The entries follow. Please return all of them exactly.

[Start of Attachment]

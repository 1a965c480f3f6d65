//! The exchanger.
ghost use Rattle.std.specs.Prelude.{◌≡◌};

use rv_session::{Duty, Parked, Place};
use std::marker::Model;

/// An exchanger, which contracts see as the duty that waits at it, if there is one: its place and the
/// client whose session waits there.
///
/// No call takes memory, and each is done in constant time.
#[derive(Drop)]
pub struct Swap {
    waiting: Option<Parked>,
}

impl Model for Swap {
    ghost use Rattle.std.specs.Prelude.{Option};
    ghost use Rattle.rv_session.specs.OwedDuty.{OwedDuty};

    ghost Value = { Option OwedDuty };

    ghost view = { λ s. s.waiting };
}

/// What becomes of a duty that waits if there is no partner.
pub enum SwapOutcome {
    /// It met the duty that waited: the earlier one, and the one that arrived.
    Met(Duty, Duty),
    /// It waits from now on.
    Parked,
}

/// What becomes of a duty that doesn't wait.
pub enum SwapTry {
    /// It met the duty that waited: the earlier one, and the one that arrived.
    Met(Duty, Duty),
    /// No duty waited, and it is handed back.
    Alone(Duty),
}

impl Swap {
    ghost use Rattle.std.specs.Prelude.{None, IfNone, IfSome, option_map};
    ghost use Rattle.rv_swap.specs.Exchange.{ArrivesToSwap, LeavesExchanger, NotWaiting, TriesAt};

    /// An exchanger at which no duty waits.
    pub fn new() -> Swap
        ensures { result ≡ None }
    {
        Swap { waiting: None }
    }

    /// A duty arrives. It meets the one that waits, which leaves. If none waits, the new one waits.
    pub fn arrive(&mut self, duty: Duty) -> SwapOutcome
        ensures { ArrivesToSwap self.old duty self.new result }
    {
        match self.waiting.take() {
            Some(earlier) => SwapOutcome::Met(earlier.wake(), duty),
            None => {
                self.waiting = Some(duty.park());
                SwapOutcome::Parked
            }
        }
    }

    /// A duty arrives that doesn't wait. It meets the one that waits, which leaves. If none waits it is
    /// handed back, and nothing changes.
    pub fn try_arrive(&mut self, duty: Duty) -> SwapTry
        ensures { TriesAt self.old duty self.new result }
    {
        match self.waiting.take() {
            Some(earlier) => SwapTry::Met(earlier.wake(), duty),
            None => SwapTry::Alone(duty),
        }
    }

    /// Takes out the duty of a place, if it is the one that waits. Otherwise nothing changes.
    pub fn withdraw(&mut self, place: Place) -> Option<Duty>
        ensures taken { IfSome result (LeavesExchanger self.old place self.new) }
        ensures not_there { IfNone result (NotWaiting self.old place) }
        ensures stays { IfNone result (self.new ≡ self.old) }
    {
        if self.waiting() != Some(place) {
            return None;
        }
        self.waiting.take().map(Parked::wake)
    }

    /// The place of the duty that waits, if there is one.
    pub fn waiting(&self) -> Option<Place>
        ensures { result ≡ option_map (λ duty. duty.place) self.now }
    {
        match &self.waiting {
            Some(parked) => Some(parked.place()),
            None => None,
        }
    }
}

[End of Attachment]

→ EXPECTED OUTPUT:
repository 1a965c480f3f6d65
//! The exchanger.
ghost use Rattle.std.specs.Prelude.{◌≡◌};

use rv_session::{Duty, Parked, Place};
use std::marker::Model;

/// An exchanger, which contracts see as the duty that waits at it, if there is one: its place and the
/// client whose session waits there.
///
/// No call takes memory, and each is done in constant time.
#[derive(Drop)]
pub struct Swap {
    waiting: Option<Parked>,
}

impl Model for Swap {
    ghost use Rattle.std.specs.Prelude.{Option};
    ghost use Rattle.rv_session.specs.OwedDuty.{OwedDuty};

    ghost Value = { Option OwedDuty };

    ghost view = { λ s. s.waiting };
}

/// What becomes of a duty that waits if there is no partner.
pub enum SwapOutcome {
    /// It met the duty that waited: the earlier one, and the one that arrived.
    Met(Duty, Duty),
    /// It waits from now on.
    Parked,
}

/// What becomes of a duty that doesn't wait.
pub enum SwapTry {
    /// It met the duty that waited: the earlier one, and the one that arrived.
    Met(Duty, Duty),
    /// No duty waited, and it is handed back.
    Alone(Duty),
}

impl Swap {
    ghost use Rattle.std.specs.Prelude.{None, IfNone, IfSome, option_map};
    ghost use Rattle.rv_swap.specs.Exchange.{ArrivesToSwap, LeavesExchanger, NotWaiting, TriesAt};

    /// An exchanger at which no duty waits.
    pub fn new() -> Swap
        ensures { result ≡ None }
    {
        Swap { waiting: None }
    }

    /// A duty arrives. It meets the one that waits, which leaves. If none waits, the new one waits.
    pub fn arrive(&mut self, duty: Duty) -> SwapOutcome
        ensures { ArrivesToSwap self.old duty self.new result }
    {
        match self.waiting.take() {
            Some(earlier) => SwapOutcome::Met(earlier.wake(), duty),
            None => {
                self.waiting = Some(duty.park());
                SwapOutcome::Parked
            }
        }
    }

    /// A duty arrives that doesn't wait. It meets the one that waits, which leaves. If none waits it is
    /// handed back, and nothing changes.
    pub fn try_arrive(&mut self, duty: Duty) -> SwapTry
        ensures { TriesAt self.old duty self.new result }
    {
        match self.waiting.take() {
            Some(earlier) => SwapTry::Met(earlier.wake(), duty),
            None => SwapTry::Alone(duty),
        }
    }

    /// Takes out the duty of a place, if it is the one that waits. Otherwise nothing changes.
    pub fn withdraw(&mut self, place: Place) -> Option<Duty>
        ensures taken { IfSome result (LeavesExchanger self.old place self.new) }
        ensures not_there { IfNone result (NotWaiting self.old place) }
        ensures stays { IfNone result (self.new ≡ self.old) }
    {
        if self.waiting() != Some(place) {
            return None;
        }
        self.waiting.take().map(Parked::wake)
    }

    /// The place of the duty that waits, if there is one.
    pub fn waiting(&self) -> Option<Place>
        ensures { result ≡ option_map (λ duty. duty.place) self.now }
    {
        match &self.waiting {
            Some(parked) => Some(parked.place()),
            None => None,
        }
    }
}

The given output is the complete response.